Opened mass grave at Choeung Ek |
At Choeung Ek, the exhumed graves are now small ponds. Quiet
paths wind through the peaceful, wooded site. Visitors walk silently past signs
describing the facilities that once supported the mass murders here. Life just
outside the killing fields is almost disturbingly normal. Working rice paddies
surround the site, and canoes are pulled up on the shore of a small adjacent
lake. Egrets spear small fish in the pond.

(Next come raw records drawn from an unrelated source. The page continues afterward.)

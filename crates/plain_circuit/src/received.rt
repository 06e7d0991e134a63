//! What a relay cell from the client's side is to this relay.

ghost use Rattle.std.specs.Prelude.{◌≡◌, IfOk, IsTrue};
ghost use Rattle.tor_spec.specs.RelayCell.{relay_head, fits_length};
ghost use Rattle.relay_cell.specs.Head.{head_of};
ghost use Rattle.circuit_model.specs.Log.{is_closed};
ghost use Rattle.circuit_model.specs.Received.{is_early, early_count, received, message_in_body, message_of};
ghost use Rattle.circuit_model.specs.Opened.{digest_with};
ghost use Rattle.plain_circuit.specs.Values.{log_of};

use crate::log::Entry;
use crate::opened::{born_keys, digest_with, is_recognised_by, plain_body, recognised_bodies};
use crate::places::live_place;
use cell_codec::command;
use circuit_model::{Event, Message, Payload, Received};
use relay_cell::{RelayHead, payload_of, read_head};
use std::alloc::{AllocError, Global};

/// How many RELAY_EARLY cells a circuit takes.
const MOST_EARLY: usize = 8;

fn is_early(event: &Event) -> bool
    ensures { result ≡ is_early event.now }
{
    matches!(event, Event::Forward(number, _) if *number == command::RELAY_EARLY)
}

/// How many RELAY_EARLY cells came.
pub fn early_count(log: &[Entry<'_>]) -> usize
    ensures { result ≡ early_count (log_of log.now) }
{
    let mut count = 0;
    for entry in log {
        if is_early(entry.event) {
            count += 1;
        }
    }
    count
}

/// Whether the circuit has closed.
pub fn is_closed(log: &[Entry<'_>]) -> bool
    ensures { result ≡ is_closed (log_of log.now) }
{
    let mut has_close = false;
    for entry in log {
        if entry.effects.close.is_some() {
            has_close = true;
        }
    }
    has_close
}

/// The message in a recognised body with this running digest.
#[tactic(auto, using(crate::proofs::Payloads::payload_short))]
fn message_in_body(
    alloc: Global,
    log: &[Entry<'_>],
    command: u8,
    plain: &[u8; 509],
    head: &RelayHead,
    digest: [u8; 20],
) -> Result<Message, AllocError>
    requires fits { IsTrue (fits_length plain.now) }
    requires head { head_of head.now ≡ relay_head plain.now }
    requires digest { digest ≡ digest_with (log_of log.now) plain.now }
    ensures { IfOk result (λ message. message ≡ message_in_body (log_of log.now) command plain.now) }
{
    let payload = Payload::of(alloc, payload_of(plain))?;
    let place = live_place(alloc, log, head.stream)?;
    Ok(Message {
        command: head.command,
        stream: head.stream,
        payload,
        digest,
        early: command == command::RELAY_EARLY,
        place,
    })
}

/// What a cell with this command and this body, as it came, is. The first that fits holds.
#[tactic(auto, unfolding(circuit_model::specs::Received::received, crypto_spec::specs::HopLayer::is_recognised))]
pub fn read_cell(
    alloc: Global,
    log: &[Entry<'_>],
    command: u8,
    body: &[u8; 509],
) -> Result<Received, AllocError>
    ensures { IfOk result (λ cell. cell ≡ received (log_of log.now) command body.now) }
{
    let plain = plain_body(log, body);
    if command == command::RELAY_EARLY && early_count(log) >= MOST_EARLY {
        return Ok(Received::TooManyEarly);
    }
    let earlier_bodies = recognised_bodies(alloc, log)?;
    let digest = digest_with(alloc, &born_keys(log).df, &earlier_bodies, &plain)?;
    if !is_recognised_by(&plain, &digest) {
        return Ok(Received::Unrecognised(plain));
    }
    match read_head(&plain) {
        Some(head) => {
            let message = message_in_body(alloc, log, command, &plain, &head, digest)?;
            Ok(Received::ForUs(message))
        }
        None => Ok(Received::TooLong),
    }
}

/// The message, if the cell is one for this relay.
pub fn message_of(cell: Received) -> Option<Message>
    ensures { result ≡ message_of cell }
{
    match cell {
        Received::ForUs(message) => Some(message),
        _ => None,
    }
}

When our group returned to Phnom Penh after our visit to
Choeung Ek, we spent the afternoon and evening wandering around the bustling
and festive waterfront park that overlooks the merger of the Tonle Sap and
Mekong Rivers.
Men played sei dak with
remarkable agility. Women lit incense and left offerings of lotus blossoms and
freed birds to carry their prayers. Street vendors hawked fruit, candy, lotus
seeds, rice and balloons. Young men with cameras offered to take photos of
tourists in front of the Royal Palace.
My photos from that afternoon do a fair job of capturing the
vitality of the park. But one photo keeps jumping to the front of my mind. A
woman squats on the ground, her arms around a small boy. His gaze is upward,
toward some nearby men playing sei dak, curiosity
in his eyes. She is looking straight
ahead, but does not seem to be looking at anything. I find it easy to imagine
that she sees a past of cruelty, death and hopelessness, a past that is not
that long ago. Her arms hold the boy between her knees, her body and her memory
protecting him. He does not resist, but I think he sees himself one day
playing sei dak like the men he is
watching.
His chances are good, if Cambodia and the world never forget
what happened there between 1975 and 1979.